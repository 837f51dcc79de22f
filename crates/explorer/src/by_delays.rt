//! The histories of one walk after another, told apart by their delays.

ghost use Rattle.std.specs.Prelude.{◌≡◌, ◌≤◌, ◌<◌, ◌^◌, ◌++◌, ◌∷◌, [], ℕ, List, length, nat_le, IfOk, OnOk};
ghost use Rattle.hist_model.specs.declared.policy.Policy.{Policy};
ghost use Rattle.hist_model.specs.declared.script.Script.{Script};
ghost use Rattle.delay_bounded.specs.Explored.{Walk, closed, explored, walks_of};
ghost use Rattle.explorer.specs.Taken.{event_limit};
ghost use Rattle.explorer.specs.Telling.{TellsOf};
ghost use Rattle.outcome_text.specs.Sight as sight;

use crate::tally::{EVENT_LIMIT, Tally};
use hist_model::history::History;
use hist_model::policy::Policy as BrokerPolicy;
use std::alloc::Global;
use sys_abi::memory::NoMemory;

/// What is told of the histories with each number of delays, up to a bound.
#[derive(Drop)]
pub(crate) struct ByDelays {
    bound: u64,
    // at a number of delays: of the histories that have so many
    tallies: Vec<Tally>,
    events: u64,
}

impl ByDelays {
    ghost use Rattle.explorer.specs.Telling.{IsReady, TellsBy};

    /// Of no history.
    pub(crate) fn none(alloc: Global, bound: u64) -> ByDelays
        ensures tells { (P : Policy) (S : Script) → TellsBy P S [] result }
        ensures bound { result.bound ≡ bound }
        ensures events { result.events ≡ 0 }
    {
        ByDelays {
            bound,
            tallies: Vec::new(alloc),
            events: 0,
        }
    }

    /// Whether there are as many events as are explored at least.
    pub(crate) fn is_full(&self) -> bool
        ensures { result ≡ nat_le event_limit self.now.events }
    {
        EVENT_LIMIT <= self.events
    }

    /// With a place for the histories of a number of delays.
    fn ready(&mut self, alloc: Global, delays: usize) -> Result<(), NoMemory>
        requires { delays ≤ self.old.bound }
        ensures { OnOk result (IsReady delays self.old self.new) }
    {
        'places: while self.tallies.len() <= delays {
            self.tallies.push(Tally::none(alloc))?;
        }
        Ok(())
    }

    /// With the history of a walk more, which has so many delays left, and in which the effects at the `hidden` places are out of sight.
    pub(crate) fn note(
        &mut self,
        alloc: Global,
        policy: &BrokerPolicy,
        left: u64,
        history: &History,
        hidden: &[usize],
    ) -> Result<(), NoMemory>
        requires told { (S : Script) × (ws : List Walk) × TellsBy policy.now S ws self.old }
        requires within { left ≤ self.old.bound }
        requires room { self.old.events < event_limit }
        requires begun { 0 < length history.now.events }
        requires few { length history.now.events < 2 ^ 63 }
        ensures tells { OnOk result ((S : Script) (ws : List Walk) (w : Walk) → w.left ≡ left → closed policy.now S w ≡ history.now.events → hidden.now ≡ sight.hidden S history.now.events → TellsBy policy.now S ws self.old → TellsBy policy.now S (ws ++ w ∷ []) self.new) }
        ensures bound { OnOk result (self.new.bound ≡ self.old.bound) }
    {
        let delays = (self.bound - left) as usize;
        self.ready(alloc, delays)?;
        self.tallies[delays].note(alloc, policy, history, hidden)?;
        self.events += history.len() as u64;
        Ok(())
    }

    /// What is told of them all, those with the fewest delays first.
    pub(crate) fn joined(self, alloc: Global) -> Result<Tally, NoMemory>
        requires told { (P : Policy) × (S : Script) × (ws : List Walk) × TellsBy P S ws self }
        requires few { self.events < event_limit }
        ensures tells { IfOk result (λ all. (P : Policy) (S : Script) (W : ℕ) → TellsBy P S (walks_of P S W self.bound) self → TellsOf P S (explored P S W self.bound) all) }
        ensures events { IfOk result (λ all. all.events ≡ self.events) }
    {
        let ByDelays { tallies, .. } = self;
        let mut all = Tally::none(alloc);
        for tally in tallies {
            all.join(tally)?;
        }
        Ok(all)
    }
}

• **Required work**:
The answer must be the lines from the one containing "length history.now.events <" through the last line of the records, written out exactly; please include nothing more.

• **Answer section**:
        requires few { length history.now.events < 2 ^ 63 }
        ensures tells { OnOk result ((S : Script) (ws : List Walk) (w : Walk) → w.left ≡ left → closed policy.now S w ≡ history.now.events → hidden.now ≡ sight.hidden S history.now.events → TellsBy policy.now S ws self.old → TellsBy policy.now S (ws ++ w ∷ []) self.new) }
        ensures bound { OnOk result (self.new.bound ≡ self.old.bound) }
    {
        let delays = (self.bound - left) as usize;
        self.ready(alloc, delays)?;
        self.tallies[delays].note(alloc, policy, history, hidden)?;
        self.events += history.len() as u64;
        Ok(())
    }

    /// What is told of them all, those with the fewest delays first.
    pub(crate) fn joined(self, alloc: Global) -> Result<Tally, NoMemory>
        requires told { (P : Policy) × (S : Script) × (ws : List Walk) × TellsBy P S ws self }
        requires few { self.events < event_limit }
        ensures tells { IfOk result (λ all. (P : Policy) (S : Script) (W : ℕ) → TellsBy P S (walks_of P S W self.bound) self → TellsOf P S (explored P S W self.bound) all) }
        ensures events { IfOk result (λ all. all.events ≡ self.events) }
    {
        let ByDelays { tallies, .. } = self;
        let mut all = Tally::none(alloc);
        for tally in tallies {
            all.join(tally)?;
        }
        Ok(all)
    }
}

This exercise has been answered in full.